Ronald Millar’s “The Piltdown Men” [Ballantine Books, NY, 1972] also tells how grat men can be duped by hoaxes and hoaxers who are less skilled then they should be when it comes to discovering how a hoax operates.

In the world of ufology and UFOs the gullible are legion. And when it comes to the sacred cows of the UFO literature – the Arnold sighting, the Trent photos, Roswell, Socorro, and even Rendlesham, the UFO believers will do anything to make sure that anyone or anything that undercuts the “extraterrestrial” premise of those sightings should be stomped out and eliminated from any dialogue about UFOs.
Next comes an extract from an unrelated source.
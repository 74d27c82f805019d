// 13.7, 13.12, 13.9.2.2: columns of the Reed-Solomon codes. The definition is in specs; `column_parity` and `parity` make their parity, by
// `code_word` and byte by byte; `code_word` and `roots` test them.
#![tactic(auto)]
The Bragalia hoax hypothesis has legs, of a kind, it is shaky perhaps, but not moribund and not unsound, if what he has uncovered has any merit whatsoever.

And when it comes to UFOs, nothing should be so sacrosanct that it can’t be thrown on the table for review and civil discussion. Otherwise, we shall find ourselves with a fascistic approach to truth-seeking; that is, only the orthodox shall prevail and anything that goes against that orthodoxy should be quelled at all costs – even if it means a diminishment of the truth.